Ceauşescu respondió a esa pregunta asumiendo directamente la dirección de la fuerzas armadas, luego del “suicidio” de su ministro de defensa -aunque eso es otra historia- para así acabar con la revuelta; pero ese objetivo también dependía de quienes debían hacer el trabajo sucio, que también pasaban mucha necesidad, o tal vez eran mentalmente mucho más equilibrados que los colectivos chavistas -anárquicos, y sedientos de acción y sangre-, y cuya vacilación permitió que miles de rebeldes invadiesen la sede del partido, arrasando con todo a su paso, incluso los archivos con tantos datos y secretos, dejando indefensa a la pareja presidencial al aislarla de la policía y el ejército.
Ceauşescu y su esposa cometen otro error fatal: huir en helicóptero en vez de hacerlo por los túneles del palacio, generando así otro episodio surrealista de la Historia, mientras uno de sus aún fieles ayudantes apuntaba con una pistola a la sien del piloto, para dirigir el aparato a la residencia en Snagov -unos 30 km al Norte de la capital- y luego seguir hacia Târgovişte -unos 40 km al Oeste-, donde abandonan el aparato, porque el ejército había cerrado el espacio aéreo y corrían el riesgo de ser derribados para seguir huyendo erráticamente de la gente que los perseguía para arrestarlos –y eventualmente lincharlos-, mientras sus ayudantes a su vez decidieron abandonarlos a su suerte. Luego se refugian en una escuela, hasta que la policía los pilla y los mantiene varias horas encerrados en su vehículo, mientras sus captores, escuchando la radio, intentaban adivinar cual bando a la postre ganaría el pulso por el poder. Suena familiar.
Al final los entregarán a unos militares, quienes crearán un tribunal ad hoc para juzgarlos acusándoles del genocidio de Timisoara, de enriquecimiento ilícito y de causar la inmensa pobreza de la población. En 55 minutos son condenados al fusilamiento inmediato. En la red se puede ver todo el proceso, excepto el fusilamiento en sí, ya que los cien disparos se efectuaron justo luego de colocar a los condenados contra la pared, sin darle tiempo a los camarógrafos para ubicarse y cubrir ese acto. Las armas de la ejecución fueron esos rifles tan queridos por Chávez: los AK-47 Kalashnikov. Se ordenó no dispararle al rostro del Conducător para su reconocimiento posterior, aunque ello no valió para la mujer, a quien desfiguraron por completo.
El régimen cae entonces catalizado por una revuelta regional que a su vez comenzó por motivos algo insólitos, y todavía es objeto de debate la imbricación entre las diversas conspiraciones y luchas internas que estaban en pleno desarrollo. Como acá, por ahora.

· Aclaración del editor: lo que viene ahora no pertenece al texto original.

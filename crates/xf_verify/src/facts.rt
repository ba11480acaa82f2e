//! What is known of a module before its operations are judged.

use crate::calls::CallGraph;

/// What is known of a module before its operations are judged.
#[derive(Drop)]
pub struct Facts<'a> {
    /// The name that the next new operation gets; all others are below.
    pub next: u64,
    pub calls: CallGraph<'a>,
}
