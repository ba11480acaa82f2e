//! Why a module is refused.
ghost use Rattle.std.specs.Prelude.{◌≡◌};
ghost use Rattle.xf_verify.specs.declared.fault.VerifyFault.TheVariants.{NoMemory};

use std::alloc::{AllocError, AllocFailed};
use thiserror::Error;
use xf_ir::OpName;

/// Why a module is refused.
#[derive(Clone, Copy, Debug, PartialEq, Eq, Error)]
pub enum VerifyFault {
    /// This operation breaks the rule with that number, of V1 to V16.
    #[error("operation {} breaks rule V{rule}", op.0)]
    Rule { rule: u8, op: OpName },
    /// There was no memory.
    #[error("out of memory")]
    NoMemory,
}

impl From<AllocError> for VerifyFault {
    ghost from_gives = { λ _ fault. fault ≡ NoMemory };

    fn from(_error: AllocError) -> VerifyFault {
        VerifyFault::NoMemory
    }
}

impl<T: Drop> From<AllocFailed<T>> for VerifyFault {
    ghost from_gives = { λ _ fault. fault ≡ NoMemory };

    fn from(_error: AllocFailed<T>) -> VerifyFault {
        VerifyFault::NoMemory
    }
}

Fin de la historia, en youtube.com puede verse como les amarraron las manos, y los sacaban de la habitación donde se realizó el juicio para llevarlos al patio y fusilarlos. Vale la pena pasar ese mal rato y contemplar esa escena que ocurrió hace 25 años, pensando que lo peor de estos regímenes no es solamente el maltrato, la humillación, la cárcel, la tortura, la muerte, el hambre y la desesperanza que le causan a quienes ellos subyugan con saña, sino el sentimiento de venganza feroz que sus ultrajes generan en nuestros espíritus, al punto de tentarnos para convertirnos, aunque sea por unos minutos, en bestias como ellos, y devolverle de contado todo el sufrimiento que nos han dispensado a crédito durante estos quince años.
Por ello, en estos momentos que vive la patria, hay que mantenerse sereno, sabiendo que el paso a ese lado oscuro no tiene billete de regreso, y es la forma segura para repetir ese ciclo de perversidad.
Una serenidad que junto al diálogo debe exigir justicia, porque ésta es nuestro único freno para mantener a raya la venganza.